We get to Rob & Calene's house, and tell them the rest of what happened (they knew the bare bones of the story) and as luck would have it, Calene knew the mother of one of the other kids that was there and she called her. She questions her son, who tells her that they were smoking pot and doing Triple C's (coricidan, cough and cold). That was when we decided he was going to the hospital.

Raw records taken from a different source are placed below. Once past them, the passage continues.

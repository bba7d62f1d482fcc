// What each form's rule makes of its operands, for node k.
ghost use Rattle.std.specs.Prelude.{◌≡◌, ◌≤◌, ◌++◌, Some};
ghost use Rattle.refusals.specs.Refusals.{answer};
ghost use Rattle.indices.specs.Coordinates.{coordinates};
ghost use Rattle.sheets.specs.Rules.{info_of, above, bounded_answer, pointwise as pointwise_of, turned as turned_of, contracted as contracted_of};

use super::judgement::Judgement;
use super::term::Operation;
use indices::index::Index;
use refusals::refusal::Refusal;

// The judgement on a node with these extents, depth and nesting, if they are within bounds.
pub(crate) fn bounded(
    extents: Index,
    depth: u16,
    nesting: u16,
    k: usize,
) -> Result<Judgement, Refusal>
    ensures { answer info_of result ≡ bounded_answer k (Some (record { extents = coordinates extents; depth = depth; nesting = nesting })) }
{
    if depth > 16 || nesting > 3 {
        return Err(Refusal::TooDeep(k));
    }
    Ok(Judgement {
        extents,
        depth,
        nesting,
    })
}

// A node with these extents over two operands.
fn over_two(x: Judgement, y: Judgement, extents: Index, k: usize) -> Result<Judgement, Refusal>
    ensures { answer info_of result ≡ bounded_answer k (Some (above (info_of x) (info_of y) (coordinates extents))) }
{
    bounded(
        extents,
        x.depth.max(y.depth) + 1,
        x.nesting.max(y.nesting),
        k,
    )
}

// The extents of the first operand, and then those of the second.
pub(crate) fn outer(x: Judgement, y: Judgement, k: usize) -> Result<Judgement, Refusal>
    ensures { answer info_of result ≡ bounded_answer k (Some (above (info_of x) (info_of y) (coordinates x.extents ++ coordinates y.extents))) }
{
    let extents = x.extents.joined(y.extents).ok_or(Refusal::TooDeep(k))?;
    over_two(x, y, extents, k)
}

// Element by element, of nodes of one type; but a product's first operand and a quotient's second may be a scalar.
pub(crate) fn pointwise(
    operation: Operation,
    x: Judgement,
    y: Judgement,
    k: usize,
) -> Result<Judgement, Refusal>
    ensures { answer info_of result ≡ bounded_answer k (pointwise_of operation (info_of x) (info_of y)) }
{
    let extents = match operation {
        Operation::Times if x.extents.as_slice().is_empty() => y.extents,
        Operation::Over if y.extents.as_slice().is_empty() => x.extents,
        _ if x.extents == y.extents => x.extents,
        _ => return Err(Refusal::NoType(k)),
    };
    over_two(x, y, extents, k)
}

// Dimensions m and n exchanged.
pub(crate) fn turned(x: Judgement, m: usize, n: usize, k: usize) -> Result<Judgement, Refusal>
    ensures { answer info_of result ≡ bounded_answer k (turned_of (info_of x) m n) }
{
    let extents = x.extents.exchanged(m, n).ok_or(Refusal::NoType(k))?;
    bounded(extents, x.depth + 1, x.nesting, k)
}

// Dimensions m and n contracted, which have one extent.
pub(crate) fn contracted(x: Judgement, m: usize, n: usize, k: usize) -> Result<Judgement, Refusal>
    ensures { answer info_of result ≡ bounded_answer k (contracted_of (info_of x) m n) }
{
    let extents = x.extents.without(m, n).ok_or(Refusal::NoType(k))?;
    if x.extents.entry(m) != x.extents.entry(n) {
        return Err(Refusal::NoType(k));
    }
    bounded(extents, x.depth + 1, x.nesting + 1, k)
}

Long story short.....actually, too late for that. Anyway, he swore by his story that he was smoking pot only, nothing else. At his triage, his heart was rate about 125, his blood pressure 170 over something. We got into a room around 9:45 - 10:00 and a NP student came in to do his assessment. He told her that he had only smoked pot, we told her about the triple c's, he said again he didn't do those, so we (Rob & I) told her that we would leave the room so they could talk, at which point Bryn told her that he did not smoke any pot but rather he and a "friend" shared a bottle of Robitussin. And, since in the state of VA (and possibly others, I don't know), he has to consent to a drug test before one can be administered, and even if he does consent to one, the parent's aren't allowed to know what is in it. Anyway, he didn't consent to one, I'm not sure why. My guess is he thought they would have to draw blood, but he will be consenting to one at his doctors office.


The doctor said he was too tachycardic (sp) to go home, that most likely an iv bag would help with that, so they hooked him up around 11:45pm. By the time we left about an hour and a half later, his hear rate was at 60 & his BP was 116 over something. Quite a difference.


He apologized on the way out and said thank you for bringing me here. I feel 1000x better than I did when we came.


Sitting beside my son who is stoned out of his mind in the emergency room isn't quite the scene that I had envisioned, but given the alternatives that were racing through my head, I'll take it.

3 comments:

The Lazy Perfectionist said...

I am so glad he is ok. Does he seem a bit remorseful at this point?

You were awesome. Good for you for not buying what he was saying and marching right over there and dragging him out. I think the hospital was a good bet even if he didn't look so bad, I think it helps to make them understand this stuff doesn't go unnoticed or tolerated, even if you do yell, ground, etc... but in this case, it was obviously necessary.

The pic of saving grace says so much. Being a parent, and having issues like this helps us understand how God loves us, and maybe a glimpse as to how much.

You impress me, inspire me, and make me so grateful I have a friend like you.

I will pray for you, Brian, Bryn, and your family as a whole each day.

I love you.

tiffanie1717 said...

I tried to post another comment and I feel like I just don't know what to say or how to say it. I just want you to know that I think you are an awesome mom for loving your son enough to do what is hard. I'll be praying for you all that God will grab Bryn's heart and give you peace that His grip on Bryn is even stronger than yours.

Perpetual Procrastinator said...

I don't mean to be redundant, but good job! What if you didn't follow your Mother's intuition? A lot of moms would have just bought his story, and danced around the whole issue. My oldest boy is 14 and I can only hope to be as wise in any situations that may arise.
I'll be praying for you guys, and ask for your prayers in return as I have a 21 yr old who smokes enough pot to make Willie Nelson look like a boy scout, and got her first DUI shortly after her 21st birthday. It is so painful and scary when they make bad choices. There is some comfort in knowing God is in control, and He brought them here for a purpose.